We next asked whether the sustained viral maintenance in K-LECs requires RTA-mediated lytic replication. For this, we employed GFP-labeled KSHV harboring a nonsense mutation in the RTA gene (30). This RTA-deficient mutant KSHV, KSHV GFP_RTAstop, infects host cells as efficiently as the wild type virus, but cannot initiate the RTA-induced lytic replication and thus fails to produce infectious virions (30). Indeed, when LECs were infected with KSHV GFP_RTAstop, GFP-positive K-LECs gradually decreased and eventually disappeared over 5 weeks (Fig.3D), and the massive cell death was not detected (Supplemental Fig.4A). As expected, LECs infected with wild type KSHV GFP showed sustained infection and massive cell lysis. Consistently, PCR-based analyses of viral copy numbers also reflected these phenotypes (Fig.3E). In contrast, when BECs were infected with the wild type virus or the RTA mutant virus, both of them comparably lost the viral infection (Fig.3F,G, Supplemental Fig.4B). Thus, both LECs and BECs lose viral genome at a comparable rate when infected with lytic-deficient KSHV, suggesting that KSHV genomes segregation during cell division is commonly inefficient for both cell types and that RTA is essential for the sustained viral maintenance in K-LECs.

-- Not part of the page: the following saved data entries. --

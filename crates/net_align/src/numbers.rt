//! Numbers in the order of first sight.
ghost use Rattle.std.specs.Prelude.{◌≡◌, ◌<◌, IfOk, OnOk, length, map, None, slice_index_or, []};
ghost use Rattle.net_align.specs.Laid.{AreBelow};
ghost use Rattle.net_align.specs.Sights.{IsNumbering, firsts, with_first, new_of};

use list_base::number;
use std::alloc::{AllocError, Global};

/// Numbers in the order of first sight, and the place of each.
#[derive(Drop)]
pub struct Numbers {
    pub places: Vec<Option<u32>>,
    pub list: Vec<u32>,
}

impl Numbers {
    /// The numbers of a list, each below `count`, where they are first seen. Linear.
    pub fn of(alloc: Global, sights: &[u32], count: usize) -> Result<Numbers, AllocError>
        requires { AreBelow sights.now count }
        ensures list { IfOk result (λ n. n.list.items ≡ firsts sights.now) }
        ensures places { IfOk result (λ n. IsNumbering n.list.items count n.places.items) }
    {
        let mut numbers = Numbers {
            places: no_numbers(alloc, count)?,
            list: Vec::new(alloc),
        };
        for n in sights {
            numbers.see(*n)?;
        }
        Ok(numbers)
    }

    // A number is seen.
    fn see(&mut self, n: u32) -> Result<(), AllocError>
        requires low { n < length self.old.places.items }
        requires places { IsNumbering
            self.old.list.items (length self.old.places.items) self.old.places.items }
        ensures list { OnOk result (self.new.list.items ≡ with_first self.old.list.items n) }
        ensures places { OnOk result (IsNumbering
            self.new.list.items (length self.old.places.items) self.new.places.items) }
    {
        if self.places[n as usize].is_none() {
            let place = number(self.list.len())?;
            self.list.push(n)?;
            self.places[n as usize] = Some(place);
        }
        Ok(())
    }

    /// The numbers of the list, renumbered by their places. Linear.
    pub fn renumbered(&self, alloc: Global, list: &[u32]) -> Result<Vec<u32>, AllocError>
        ensures { IfOk result (λ new. new.items ≡ map (new_of self.now.places.items) list.now) }
    {
        let mut new = Vec::with_capacity(alloc, list.len())?;
        for n in list {
            new.push(self.place(*n))?;
        }
        Ok(new)
    }

    /// The place of a number.
    pub fn place(&self, n: u32) -> u32
        ensures { result ≡ new_of self.now.places.items n }
    {
        entry(&self.places, n).unwrap_or(0)
    }
}

/// What a table has for a number, none past its end.
pub fn entry(table: &[Option<u32>], n: u32) -> Option<u32>
    ensures { result ≡ slice_index_or table.now n None }
{
    match table.get(n as usize) {
        Some(found) => *found,
        None => None,
    }
}

/// A table of nothing.
pub fn no_numbers(alloc: Global, count: usize) -> Result<Vec<Option<u32>>, AllocError>
    ensures { IfOk result (λ table. IsNumbering [] count table.items) }
{
    vec![in alloc; None; count]
}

Moreover, we also asked whether viral lytic DNA replication is necessary for the sustained infection in LECs using a chemical inhibitor, Ganciclovir (GCV), which selectively blocks viral lytic replication (45,46). Indeed, GCV could effectively block the continuous de novo infection, spindle morphology, production, and release of infectious progeny that were detected in K-LECs (Supplemental Figs.5-6). As expected, K-BECs did not produce a significant amount of infectious viral progeny regardless of the drug treatment. Thus, non-infected cells present in the culture can sustain the long-term survival of the infected population through de novo infection and GCV would block infection of newborn cells and/or cells that were previously infected, but lost the viral genome during cell division. Together, our studies demonstrate that LEC culture supports sustained KSHV infection as population through a repeated cycle of robust lytic replication, infectious viral production, and continuous de novo infection, none of which was detectable in BECs. Moreover, these data allowed us to exclude the second possibility mentioned above (i.e., more efficient genome segregation in K-LECs) as a mechanism for the sustained viral maintenance in K-LECs.
Prox1 Binds to the RTA Promoter and Upregulates the RTA Gene Expression.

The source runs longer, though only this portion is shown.